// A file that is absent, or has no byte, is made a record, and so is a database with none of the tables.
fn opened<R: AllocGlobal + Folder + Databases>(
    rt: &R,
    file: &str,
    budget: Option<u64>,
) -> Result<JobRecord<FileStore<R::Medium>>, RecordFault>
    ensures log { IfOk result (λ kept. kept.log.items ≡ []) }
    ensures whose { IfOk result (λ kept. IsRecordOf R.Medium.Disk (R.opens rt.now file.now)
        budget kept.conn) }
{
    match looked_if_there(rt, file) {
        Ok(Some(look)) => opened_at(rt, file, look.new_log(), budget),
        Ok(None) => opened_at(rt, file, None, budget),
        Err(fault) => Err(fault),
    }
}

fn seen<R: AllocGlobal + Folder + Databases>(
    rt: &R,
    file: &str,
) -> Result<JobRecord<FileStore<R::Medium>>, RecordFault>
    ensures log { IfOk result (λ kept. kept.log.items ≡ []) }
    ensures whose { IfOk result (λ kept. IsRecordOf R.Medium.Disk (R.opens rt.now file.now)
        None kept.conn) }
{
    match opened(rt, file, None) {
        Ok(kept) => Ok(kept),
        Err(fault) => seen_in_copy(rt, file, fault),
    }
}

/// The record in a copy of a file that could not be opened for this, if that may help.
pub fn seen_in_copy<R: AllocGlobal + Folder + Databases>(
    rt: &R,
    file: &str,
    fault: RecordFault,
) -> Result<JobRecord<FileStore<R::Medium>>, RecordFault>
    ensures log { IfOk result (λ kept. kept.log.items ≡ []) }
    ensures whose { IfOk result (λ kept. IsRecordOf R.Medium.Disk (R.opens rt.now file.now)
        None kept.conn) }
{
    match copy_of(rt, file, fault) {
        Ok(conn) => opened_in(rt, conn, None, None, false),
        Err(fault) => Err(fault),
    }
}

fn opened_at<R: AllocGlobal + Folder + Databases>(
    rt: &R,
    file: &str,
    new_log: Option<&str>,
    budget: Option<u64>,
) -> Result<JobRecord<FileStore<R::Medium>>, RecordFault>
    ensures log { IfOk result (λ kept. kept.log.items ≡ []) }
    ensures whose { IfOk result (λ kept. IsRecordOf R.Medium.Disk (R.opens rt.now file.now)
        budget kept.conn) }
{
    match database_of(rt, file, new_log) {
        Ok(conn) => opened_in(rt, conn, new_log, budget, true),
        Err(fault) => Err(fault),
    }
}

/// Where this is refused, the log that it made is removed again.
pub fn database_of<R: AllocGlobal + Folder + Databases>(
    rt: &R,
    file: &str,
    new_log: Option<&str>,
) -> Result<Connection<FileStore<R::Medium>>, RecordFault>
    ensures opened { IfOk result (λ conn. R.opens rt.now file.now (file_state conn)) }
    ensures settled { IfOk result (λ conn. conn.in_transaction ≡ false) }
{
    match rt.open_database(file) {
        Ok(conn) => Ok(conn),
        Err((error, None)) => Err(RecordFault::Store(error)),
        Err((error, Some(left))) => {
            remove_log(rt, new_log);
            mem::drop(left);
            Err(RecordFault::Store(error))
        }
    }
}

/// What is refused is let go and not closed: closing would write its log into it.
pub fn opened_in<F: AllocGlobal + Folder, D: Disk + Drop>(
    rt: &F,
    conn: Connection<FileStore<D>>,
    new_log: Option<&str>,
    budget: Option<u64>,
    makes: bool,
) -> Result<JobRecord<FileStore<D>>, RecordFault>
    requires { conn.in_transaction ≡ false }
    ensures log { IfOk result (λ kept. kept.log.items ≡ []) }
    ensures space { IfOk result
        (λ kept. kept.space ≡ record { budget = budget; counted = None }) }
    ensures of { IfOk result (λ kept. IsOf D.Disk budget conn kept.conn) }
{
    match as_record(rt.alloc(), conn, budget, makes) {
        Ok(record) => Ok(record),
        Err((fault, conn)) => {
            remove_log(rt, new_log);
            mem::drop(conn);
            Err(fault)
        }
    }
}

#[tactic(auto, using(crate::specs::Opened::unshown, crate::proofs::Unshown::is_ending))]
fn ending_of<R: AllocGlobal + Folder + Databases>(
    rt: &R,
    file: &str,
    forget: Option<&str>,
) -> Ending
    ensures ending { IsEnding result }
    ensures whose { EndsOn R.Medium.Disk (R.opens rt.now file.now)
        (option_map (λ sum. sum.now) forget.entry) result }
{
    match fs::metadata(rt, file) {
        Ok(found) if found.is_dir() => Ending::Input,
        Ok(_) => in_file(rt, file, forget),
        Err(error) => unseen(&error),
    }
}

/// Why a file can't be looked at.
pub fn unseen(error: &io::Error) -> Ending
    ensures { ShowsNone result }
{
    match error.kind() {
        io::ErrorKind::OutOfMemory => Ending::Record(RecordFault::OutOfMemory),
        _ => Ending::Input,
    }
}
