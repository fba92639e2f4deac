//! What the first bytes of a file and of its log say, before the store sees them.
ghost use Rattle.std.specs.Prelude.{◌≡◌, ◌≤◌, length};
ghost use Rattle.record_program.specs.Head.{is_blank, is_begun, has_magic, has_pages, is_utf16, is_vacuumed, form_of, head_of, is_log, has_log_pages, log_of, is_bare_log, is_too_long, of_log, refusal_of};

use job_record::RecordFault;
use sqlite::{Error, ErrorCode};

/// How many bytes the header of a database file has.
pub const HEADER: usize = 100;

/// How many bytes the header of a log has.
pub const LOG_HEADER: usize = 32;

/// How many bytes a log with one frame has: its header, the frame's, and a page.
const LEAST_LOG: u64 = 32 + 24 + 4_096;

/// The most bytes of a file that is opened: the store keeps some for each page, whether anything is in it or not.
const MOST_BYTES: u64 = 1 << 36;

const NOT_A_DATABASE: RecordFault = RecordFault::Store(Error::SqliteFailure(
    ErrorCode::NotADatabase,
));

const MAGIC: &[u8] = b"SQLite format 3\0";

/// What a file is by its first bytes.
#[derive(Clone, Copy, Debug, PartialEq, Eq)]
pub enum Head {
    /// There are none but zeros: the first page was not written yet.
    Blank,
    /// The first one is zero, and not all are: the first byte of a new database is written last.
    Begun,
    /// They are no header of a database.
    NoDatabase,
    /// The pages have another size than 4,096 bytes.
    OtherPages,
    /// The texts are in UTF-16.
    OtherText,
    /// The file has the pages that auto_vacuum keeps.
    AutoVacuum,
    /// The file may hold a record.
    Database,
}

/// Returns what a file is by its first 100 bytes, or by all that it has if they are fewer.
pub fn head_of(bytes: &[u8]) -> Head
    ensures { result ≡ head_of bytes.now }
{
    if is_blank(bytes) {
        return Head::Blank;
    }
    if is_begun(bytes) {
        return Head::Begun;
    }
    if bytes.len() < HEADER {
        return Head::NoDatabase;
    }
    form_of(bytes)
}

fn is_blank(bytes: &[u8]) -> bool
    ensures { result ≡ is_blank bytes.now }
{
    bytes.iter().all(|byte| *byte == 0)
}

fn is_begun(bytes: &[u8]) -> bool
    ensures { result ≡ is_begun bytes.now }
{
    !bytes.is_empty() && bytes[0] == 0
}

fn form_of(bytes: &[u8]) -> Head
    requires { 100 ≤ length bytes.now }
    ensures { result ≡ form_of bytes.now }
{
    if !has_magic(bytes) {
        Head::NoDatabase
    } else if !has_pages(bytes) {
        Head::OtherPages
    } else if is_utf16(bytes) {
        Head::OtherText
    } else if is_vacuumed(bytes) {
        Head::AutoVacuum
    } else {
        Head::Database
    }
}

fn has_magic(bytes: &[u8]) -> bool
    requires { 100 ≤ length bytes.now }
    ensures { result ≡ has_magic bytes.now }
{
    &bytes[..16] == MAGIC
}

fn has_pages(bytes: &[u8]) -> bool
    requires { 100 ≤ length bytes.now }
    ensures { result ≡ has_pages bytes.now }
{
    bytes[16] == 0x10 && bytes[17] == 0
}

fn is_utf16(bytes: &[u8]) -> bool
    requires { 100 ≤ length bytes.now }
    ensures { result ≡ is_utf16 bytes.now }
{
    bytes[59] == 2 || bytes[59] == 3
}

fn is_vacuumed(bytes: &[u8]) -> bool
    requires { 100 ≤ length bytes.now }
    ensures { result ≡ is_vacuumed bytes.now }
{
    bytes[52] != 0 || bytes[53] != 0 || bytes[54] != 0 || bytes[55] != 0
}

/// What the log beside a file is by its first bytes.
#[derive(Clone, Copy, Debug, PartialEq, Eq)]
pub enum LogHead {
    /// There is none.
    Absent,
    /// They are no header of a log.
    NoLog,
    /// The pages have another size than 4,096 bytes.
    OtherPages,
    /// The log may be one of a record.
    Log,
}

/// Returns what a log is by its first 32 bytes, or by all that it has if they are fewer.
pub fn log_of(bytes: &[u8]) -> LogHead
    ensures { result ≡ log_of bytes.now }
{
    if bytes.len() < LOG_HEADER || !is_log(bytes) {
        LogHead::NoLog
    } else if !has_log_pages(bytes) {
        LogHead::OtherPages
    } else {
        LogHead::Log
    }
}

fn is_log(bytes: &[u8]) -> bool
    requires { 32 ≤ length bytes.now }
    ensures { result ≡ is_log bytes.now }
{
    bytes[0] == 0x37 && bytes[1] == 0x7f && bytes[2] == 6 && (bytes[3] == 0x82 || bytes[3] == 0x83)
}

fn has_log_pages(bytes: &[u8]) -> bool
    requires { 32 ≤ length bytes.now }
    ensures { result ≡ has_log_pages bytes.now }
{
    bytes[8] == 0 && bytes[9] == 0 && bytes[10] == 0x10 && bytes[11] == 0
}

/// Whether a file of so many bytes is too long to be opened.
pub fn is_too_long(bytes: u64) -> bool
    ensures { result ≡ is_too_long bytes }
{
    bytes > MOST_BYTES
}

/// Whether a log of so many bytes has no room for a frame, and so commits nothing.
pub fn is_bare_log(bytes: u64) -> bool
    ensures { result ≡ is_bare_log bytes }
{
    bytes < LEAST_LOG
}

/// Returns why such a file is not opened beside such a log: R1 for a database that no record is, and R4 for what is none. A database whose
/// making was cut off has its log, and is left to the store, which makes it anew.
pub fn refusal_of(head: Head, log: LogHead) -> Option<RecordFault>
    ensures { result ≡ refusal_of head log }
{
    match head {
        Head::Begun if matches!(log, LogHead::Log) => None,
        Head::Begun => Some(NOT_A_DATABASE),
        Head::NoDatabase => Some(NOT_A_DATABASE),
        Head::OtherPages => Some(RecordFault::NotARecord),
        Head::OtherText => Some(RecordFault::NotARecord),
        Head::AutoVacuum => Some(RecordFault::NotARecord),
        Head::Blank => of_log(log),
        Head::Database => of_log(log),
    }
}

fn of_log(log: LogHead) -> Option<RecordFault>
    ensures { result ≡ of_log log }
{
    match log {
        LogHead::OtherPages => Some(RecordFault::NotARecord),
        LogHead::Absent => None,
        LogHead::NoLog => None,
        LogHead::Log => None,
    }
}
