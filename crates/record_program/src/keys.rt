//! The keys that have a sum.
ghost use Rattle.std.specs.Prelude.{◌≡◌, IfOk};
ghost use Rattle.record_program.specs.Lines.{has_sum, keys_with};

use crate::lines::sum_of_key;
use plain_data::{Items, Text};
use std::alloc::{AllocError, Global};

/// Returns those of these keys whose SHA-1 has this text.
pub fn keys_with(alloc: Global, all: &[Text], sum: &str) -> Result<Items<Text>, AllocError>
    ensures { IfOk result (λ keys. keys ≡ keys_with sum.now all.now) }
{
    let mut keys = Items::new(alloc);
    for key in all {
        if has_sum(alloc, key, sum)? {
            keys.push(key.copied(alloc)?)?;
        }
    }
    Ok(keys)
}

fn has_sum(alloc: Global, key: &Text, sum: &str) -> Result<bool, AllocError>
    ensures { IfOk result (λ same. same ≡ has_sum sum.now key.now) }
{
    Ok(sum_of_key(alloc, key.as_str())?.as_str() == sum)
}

→ What is required
The entries above hold the needed span. Transcribe exactly the lines from the one with "pub const HEADER: usize = 100;" to the one with "const LEAST_LOG: u64 = 32 + 24 + 4_096;", both included.

→ Response
pub const HEADER: usize = 100;

/// How many bytes the header of a log has.
pub const LOG_HEADER: usize = 32;

/// How many bytes a log with one frame has: its header, the frame's, and a page.
const LEAST_LOG: u64 = 32 + 24 + 4_096;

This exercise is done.